Ein Minigolfplatz lebt von zwei Dingen: liebevoller Dekoration und allgemeiner Leutseligkeit – zumindest für eine Spiellänge. Eine Würdigung.

Minigolfbahn in Domburg Foto: imago

Der Gender-Gap kommt irgendwann immer. Der entscheidende Unterschied zwischen den Geschlechtern. Auf jeder Anlage. Das ist die Bahn, bei der der Ball über einen Kegel in eine Art aufgehängten Kescher geschlagen wird. Verlegt sich ein Paar, weiblich und männlich, in der Phase ultrafrischer Verknalltheit auf eine Partie Minigolf, kommt ebendiese Bahn.

Männer vermögen es, langjährig private Beobachtungen, sei es in Neukölln, in Füssen oder in Hamburg, belegen das, nach einem Probeschlag („Ah, so geht’s nicht!“) mit dem zweiten oder dritten Versuch den Ball korrekt ins Netz zu platzieren.

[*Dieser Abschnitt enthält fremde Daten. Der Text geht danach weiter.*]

//! Calls that insert and delete one forwarding, which isn't there at first: an insert succeeds
//! where it isn't there, a delete where it is.
ghost use Rattle.std.specs.Prelude.{◌≡◌, ◌↔◌, ◌<◌, IsTrue, length};
ghost use Rattle.std.specs.List.{AllByRecursion};
ghost use Rattle.tatp_history.specs.Events.{AreAfter, time_of as time_then};
ghost use Rattle.tatp_linearization.specs.Held.{IsAcceptedEvent};

use rand_pcg::Pcg64;
use std::alloc::{AllocError, Global};
use std::test::Fail;
use tatp_calls::{Call, Reply, args_ok};
use tatp_history::{Event, Observed, Outcome, Recorded};
use tatp_homes::{Home, homes};
use tatp_linearization::{Explanations, First, Standing};
use tatp_population::generate;

pub(super) const SUCCESS: Recorded = Recorded::Success;

const FAILURE: Recorded = Recorded::Failure;

pub(super) const EXPLAINED: Option<Standing> = Some(Standing::Explained);

pub(super) const UNEXPLAINED: Option<Standing> = Some(Standing::Unexplained);

pub(super) const UNDECIDED: Option<Standing> = Some(Standing::Undecided);

/// The facility of subscriber 1 that the calls are on.
pub(super) fn facility(home: &Home) -> u64 {
    for sf_type in 1..5 {
        if home.has_facility(1, sf_type) {
            return sf_type;
        }
    }
    0
}

pub(super) fn insert(sf_type: u64) -> Call {
    Call::InsertCallForwarding {
        sub_nbr: 1,
        sf_type,
        start_time: 8,
        end_time: 9,
        numberx: 7,
    }
}

pub(super) fn delete(sf_type: u64) -> Call {
    Call::DeleteCallForwarding {
        sub_nbr: 1,
        sf_type,
        start_time: 8,
    }
}

pub(super) fn asks(asked: u64, call: Call, outcome: Outcome) -> Event {
    Event::Asks(Observed {
        asked,
        call,
        outcome,
    })
}

pub(super) fn answered(asked: u64, call: Call, at: u64, recorded: Recorded) -> Event {
    asks(asked, call, Outcome::Answered { at, recorded })
}

pub(super) fn ends(asked: u64, at: u64) -> Event {
    Event::Ends { asked, at }
}

fn is_accepted(event: &Event) -> bool
    ensures { IsTrue result ↔ IsAcceptedEvent event.now }
{
    match event {
        Event::Asks(x) => args_ok(&x.call).is_ok(),
        Event::Ends { .. } => true,
    }
}

/// Whether all events are accepted.
pub(super) fn are_accepted(events: &[Event]) -> bool
    ensures { IsTrue result → AllByRecursion IsAcceptedEvent events.now }
{
    for i in 0..events.len() {
        if !is_accepted(&events[i]) {
            return false;
        }
    }
    true
}

/// Whether the events are explained on a home, where at most `most` configurations may be kept;
/// none where what is asked isn't accepted.
fn are_explained_with(
    alloc: Global,
    home: &Home,
    events: &[Event],
    most: usize,
) -> Result<Option<Standing>, AllocError>
    requires { 0 < length events.now }
{
    if !are_accepted(events) {
        return Ok(None);
    }
    let mut explanations = Explanations::new(alloc, home, most, false)?;
    Ok(Some(explanations.follow(alloc, events)?))
}

/// The same with as many configurations as these tests need.
fn are_explained(
    alloc: Global,
    home: &Home,
    events: &[Event],
) -> Result<Option<Standing>, AllocError>
    requires { 0 < length events.now }
{
    are_explained_with(alloc, home, events, 8)
}

/// A home of subscriber 1 with no forwarding at 8 of its facility.
pub(super) fn fresh(alloc: Global) -> Result<Option<Home>, AllocError> {
    let rows = generate(alloc, 1, &mut Pcg64::new(1, 0))?;
    let mut all = homes(alloc, &rows)?;
    let Some(mut home) = all.pop() else {
        return Ok(None);
    };
    let sf_type = facility(&home);
    let _ = home.delete_cf([1, sf_type, 8]);
    Ok(Some(home))
}

#[test]
fn inserts_that_overlap(rt: HostRuntime) -> Result<(), Fail> {
    let alloc = rt.alloc();
    let home = fresh(alloc)?.expect(&rt, "a home");
    let call = insert(facility(&home));
    let both = are_explained(
        alloc,
        &home,
        &[
            answered(1, call, 3, SUCCESS),
            answered(2, call, 4, SUCCESS),
            ends(1, 3),
            ends(2, 4),
        ],
    )?;
    let either = are_explained(
        alloc,
        &home,
        &[
            answered(1, call, 3, FAILURE),
            answered(2, call, 4, SUCCESS),
            ends(1, 3),
            ends(2, 4),
        ],
    )?;
    assert_eq!(rt; (both, either), (UNEXPLAINED, EXPLAINED));
    Ok(())
}

#[test]
fn real_time(rt: HostRuntime) -> Result<(), Fail> {
    let alloc = rt.alloc();
    let home = fresh(alloc)?.expect(&rt, "a home");
    let sf_type = facility(&home);
    let after = are_explained(
        alloc,
        &home,
        &[
            answered(1, insert(sf_type), 2, SUCCESS),
            ends(1, 2),
            answered(3, delete(sf_type), 4, FAILURE),
            ends(3, 4),
        ],
    )?;
    let during = are_explained(
        alloc,
        &home,
        &[
            answered(1, insert(sf_type), 4, SUCCESS),
            answered(2, delete(sf_type), 3, FAILURE),
            ends(2, 3),
            ends(1, 4),
        ],
    )?;
    assert_eq!(rt; (after, during), (UNEXPLAINED, EXPLAINED));
    Ok(())
}

/// Two inserts one after another, and a delete before them that ended so.
fn with_delete(
    alloc: Global,
    home: &Home,
    outcome: Outcome,
) -> Result<Option<Standing>, AllocError> {
    let sf_type = facility(home);
    are_explained(
        alloc,
        home,
        &[
            asks(1, delete(sf_type), outcome),
            answered(2, insert(sf_type), 3, SUCCESS),
            ends(2, 3),
            answered(4, insert(sf_type), 5, SUCCESS),
            ends(4, 5),
        ],
    )
}

#[test]
fn a_delete_between_inserts(rt: HostRuntime) -> Result<(), Fail> {
    let alloc = rt.alloc();
    let home = fresh(alloc)?.expect(&rt, "a home");
    let unknown = with_delete(alloc, &home, Outcome::Unknown)?;
    let aborted = with_delete(alloc, &home, Outcome::Aborted { at: 6 })?;
    assert_eq!(rt; (unknown, aborted), (EXPLAINED, UNEXPLAINED));
    Ok(())
}

/// A read of the forwarding, and its answer.
fn reads(sf_type: u64) -> Call {
    Call::GetNewDestination {
        s_id: 1,
        sf_type,
        start_time: 8,
        end_time: 8,
    }
}

#[test]
fn a_bound(rt: HostRuntime) -> Result<(), Fail> {
    let alloc = rt.alloc();
    let home = fresh(alloc)?.expect(&rt, "a home");
    let sf_type = facility(&home);
    let events = [
        asks(1, insert(sf_type), Outcome::Unknown),
        asks(2, delete(sf_type), Outcome::Unknown),
        answered(3, insert(sf_type), 4, SUCCESS),
        ends(3, 4),
    ];
    let one = are_explained_with(alloc, &home, &events, 1)?;
    let some = are_explained_with(alloc, &home, &events, 8)?;
    assert_eq!(rt; (one, some), (UNDECIDED, EXPLAINED));
    Ok(())
}

#[test]
fn reads_that_overlap(rt: HostRuntime) -> Result<(), Fail> {
    let alloc = rt.alloc();
    let home = fresh(alloc)?.expect(&rt, "a home");
    let sf_type = facility(&home);
    let events = [
        answered(1, reads(sf_type), 6, FAILURE),
        answered(2, reads(sf_type), 7, FAILURE),
        answered(3, reads(sf_type), 8, FAILURE),
        answered(4, insert(sf_type), 5, SUCCESS),
        ends(4, 5),
        ends(1, 6),
        ends(2, 7),
        ends(3, 8),
    ];
    let before = are_explained_with(alloc, &home, &events, 1)?;
    assert_eq!(rt; before, EXPLAINED);
    Ok(())
}

/// When an event is.
fn time_of(event: &Event) -> u64
    ensures { result ≡ time_then event.now }
{
    match event {
        Event::Asks(x) => x.asked,
        Event::Ends { at, .. } => *at,
    }
}

/// Whether all events are after a time.
fn are_after(events: &[Event], time: u64) -> bool
    ensures { IsTrue result → AreAfter time events.now }
{
    for i in 0..events.len() {
        if time_of(&events[i]) <= time {
            return false;
        }
    }
    true
}

/// The first time up to 9 by which the events aren't explained.
fn first(alloc: Global, home: &Home, events: &[Event]) -> Result<Option<First>, AllocError> {
    if !are_accepted(events) {
        return Ok(None);
    }
    if !are_after(events, 0) {
        return Ok(None);
    }
    let explanations = Explanations::new(alloc, home, 8, false)?;
    Ok(Some(explanations.first_unexplained(alloc, events, 0, 9)?))
}

#[test]
fn the_first_time(rt: HostRuntime) -> Result<(), Fail> {
    let alloc = rt.alloc();
    let home = fresh(alloc)?.expect(&rt, "a home");
    let call = insert(facility(&home));
    let twice = first(
        alloc,
        &home,
        &[
            answered(1, call, 3, SUCCESS),
            answered(2, call, 5, SUCCESS),
            ends(1, 3),
            ends(2, 5),
        ],
    )?;
    let seen = first(
        alloc,
        &home,
        &[
            asks(1, call, Outcome::Aborted { at: 7 }),
            answered(2, call, 5, FAILURE),
            ends(2, 5),
        ],
    )?;
    let once = first(alloc, &home, &[answered(1, call, 3, SUCCESS), ends(1, 3)])?;
    assert_eq!(rt;
        (twice, seen, once),
        (Some(First::At(5)), Some(First::At(7)), Some(First::Never))
    );
    Ok(())
}

/// Whether a call alone is explained; none where it isn't accepted, or more than a home is kept.
fn follow(explanations: &mut Explanations, x: &Observed, reply: &mut Reply) -> Option<bool> {
    if !is_accepted(&Event::Asks(*x)) {
        return None;
    }
    if !explanations.is_single() {
        return None;
    }
    Some(explanations.follow_alone(x, reply))
}

#[test]
fn a_call_alone(rt: HostRuntime) -> Result<(), Fail> {
    let alloc = rt.alloc();
    let home = fresh(alloc)?.expect(&rt, "a home");
    let mut explanations = Explanations::new(alloc, &home, 1, false)?;
    let x = Observed {
        asked: 1,
        call: insert(facility(&home)),
        outcome: Outcome::Answered {
            at: 2,
            recorded: SUCCESS,
        },
    };
    let mut reply = Reply::Refused;
    let first = follow(&mut explanations, &x, &mut reply);
    let second = follow(&mut explanations, &x, &mut reply);
    assert_eq!(rt;
        (first, second, reply),
        (Some(true), Some(false), Reply::Failed(2))
    );
    Ok(())
}

/// The replies with which a call that overlaps another could have been answered; none where they
/// aren't accepted or known.
fn legal(
    alloc: Global,
    home: &Home,
    other: Call,
    call: Call,
) -> Result<Option<Vec<Reply>>, AllocError> {
    let first = Observed {
        asked: 1,
        call: other,
        outcome: Outcome::Answered {
            at: 3,
            recorded: SUCCESS,
        },
    };
    let x = Observed {
        asked: 2,
        call,
        outcome: Outcome::Answered {
            at: 5,
            recorded: SUCCESS,
        },
    };
    let events = [Event::Asks(first), Event::Asks(x), ends(1, 3), ends(2, 5)];
    if !are_accepted(&events) {
        return Ok(None);
    }
    let explanations = Explanations::new(alloc, home, 8, false)?;
    explanations.legal_replies(alloc, &events, &x, 5, 100)
}

#[test]
fn legal_replies(rt: HostRuntime) -> Result<(), Fail> {
    let alloc = rt.alloc();
    let home = fresh(alloc)?.expect(&rt, "a home");
    let call = insert(facility(&home));
    let insert = legal(alloc, &home, call, call)?.expect(&rt, "replies");
    assert_eq!(rt; insert.as_slice(), [Reply::Failed(2)].as_slice());
    let moves = Call::UpdateLocation {
        sub_nbr: 1,
        vlr_location: 7,
    };
    let read = legal(alloc, &home, moves, Call::GetSubscriberData { s_id: 1 })?;
    assert_eq!(rt; read.expect(&rt, "replies").len(), 2);
    Ok(())
}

Aber die Frauen, selbst wenn sie ehrgeizig sind, müssen ihre Hoffnungen, zu gewinnen oder wenigstens sich nicht zu blamieren … sie schlagen einfach nicht, sie huscheln mit dem viel zu lasch gehaltenen Schläger gegen den Ball, der daraufhin entweder noch vor dem Kegel verendet oder irgendwo im Nirwana der um die Bahn herum angelegten Rabatten.

Dann sage ich zu einer Frau, deren Freund ihr nicht mal richtig zuguckte: Schlag den Ball doch mal einfach so, als würdest du deinem Freund mal tüchtig eine reinsemmeln. Nun, das war natürlich Aufforderung zu Gewalt, wenn auch im Spiel simulierter, aber sie stellte sich hin, empowert, wie man so sagt, seufzte ganz leicht, ihr Körper spannte sich ein wenig – und drosch die kleine Kugel so was von smart ins Ziel, dass ihr Freund nur staunte.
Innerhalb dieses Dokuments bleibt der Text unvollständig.